[[ GIVEN RECORDS, beginning ]]

//! One backward pass over a trace, from which all rows come.

ghost use Rattle.std.specs.Prelude.{◌+◌, ◌-◌, ◌≤◌, length, IfOk};
ghost use Rattle.step_trace.specs.Processors.{IsWithin};
ghost use Rattle.step_trace.specs.Bounds.{IsDelta, IsPhi};
ghost use Rattle.link_bounds.specs.Passes.{KnowsAfter, KnowsFrom};
ghost use Rattle.link_bounds.specs.Rows.{AreRows, greatest_delta, greatest_phi};

use crate::links::Links;
use crate::paces::Paces;
use crate::rows::BoundRow;
use std::alloc::{AllocError, Global};
use step_trace::{ProcSet, Trace};
use suffix_staircase::Receives;

/// What is known of the scanned steps of a trace, from the last one back.
#[derive(Debug, Drop)]
pub(crate) struct Pass {
    set: ProcSet,
    receives: Receives,
    paces: Paces,
    links: Links,
}

impl Pass {
    /// A pass that has scanned no step.
    fn after_all(alloc: Global, trace: &Trace, set: ProcSet) -> Result<Self, AllocError>
        ensures { IfOk result (λ pass. KnowsAfter set trace.now (length trace.now.steps) pass) }
    {
        Ok(Pass {
            set,
            receives: Receives::after_all(alloc, trace)?,
            paces: Paces::after_all(alloc, trace)?,
            links: Links::after_all(alloc, trace)?,
        })
    }

    /// Goes back over the steps in tick `at` and later.
    fn back_to(&mut self, trace: &Trace, at: u64)
        requires within { IsWithin self.old.set trace.now.config.n }
        requires known { KnowsAfter self.old.set trace.now (length trace.now.steps) self.old }
        ensures { KnowsFrom self.old.set trace.now at self.new }
    {
        for no in (1..trace.len() as u64 + 1).rev() {
            if trace.tick(no) < at {
                return;
            }
            self.step_back(trace, no);
        }
    }

    /// Goes back over a step.
    fn step_back(&mut self, trace: &Trace, no: u64)
        requires low { 1 ≤ no }
        requires high { no ≤ length trace.now.steps }
        requires within { IsWithin self.old.set trace.now.config.n }
        requires known { KnowsAfter self.old.set trace.now no self.old }
        ensures { KnowsAfter self.old.set trace.now (no - 1) self.new }
    {
        let missed = self.receives.step_back(trace, self.set, no);
        self.links.step_back(trace, self.set, no, missed);
        self.paces.step_back(trace, no);
    }
}

/// The rows from a tick on, in ticks, each with its named witness. Each member of the set has its processor bound. Each
/// link between members with a message sent in that tick or later has its communication bound.
///
/// One pass from the last step back to the tick, in time that grows with the steps, the ids in them, and the square of
/// the number of processors. Fails only if out of memory.
pub fn bound_rows(
    alloc: Global,
    trace: &Trace,
    set: ProcSet,
    at: u64,
) -> Result<Vec<BoundRow>, AllocError>
    requires within { IsWithin set trace.now.config.n }
    requires start { 1 ≤ at }
    requires end { at ≤ trace.now.last + 1 }
    ensures rows { IfOk result (λ rows. AreRows set trace.now at rows.items) }
    ensures phi { IfOk result (λ rows. IsPhi set trace.now at (greatest_phi rows.items)) }
    ensures delta { IfOk result (λ rows. IsDelta set trace.now at (greatest_delta rows.items)) }
{
    let mut pass = Pass::after_all(alloc, trace, set)?;
    pass.back_to(trace, at);
    let mut rows = Vec::new(alloc);
    pass.paces.push_rows(trace, set, at, &mut rows)?;
    pass.links.push_rows(&mut rows)?;
    Ok(rows)
}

[[ GIVEN RECORDS, end ]]

WHAT YOU WILL DO:
In the answer, please give only the lines from the line containing "(λ rows. IsPhi" through the final line of the data, copied exactly.

SOLUTION TO THIS PROBLEM:
    ensures phi { IfOk result (λ rows. IsPhi set trace.now at (greatest_phi rows.items)) }
    ensures delta { IfOk result (λ rows. IsDelta set trace.now at (greatest_delta rows.items)) }
{
    let mut pass = Pass::after_all(alloc, trace, set)?;
    pass.back_to(trace, at);
    let mut rows = Vec::new(alloc);
    pass.paces.push_rows(trace, set, at, &mut rows)?;
    pass.links.push_rows(&mut rows)?;
    Ok(rows)
}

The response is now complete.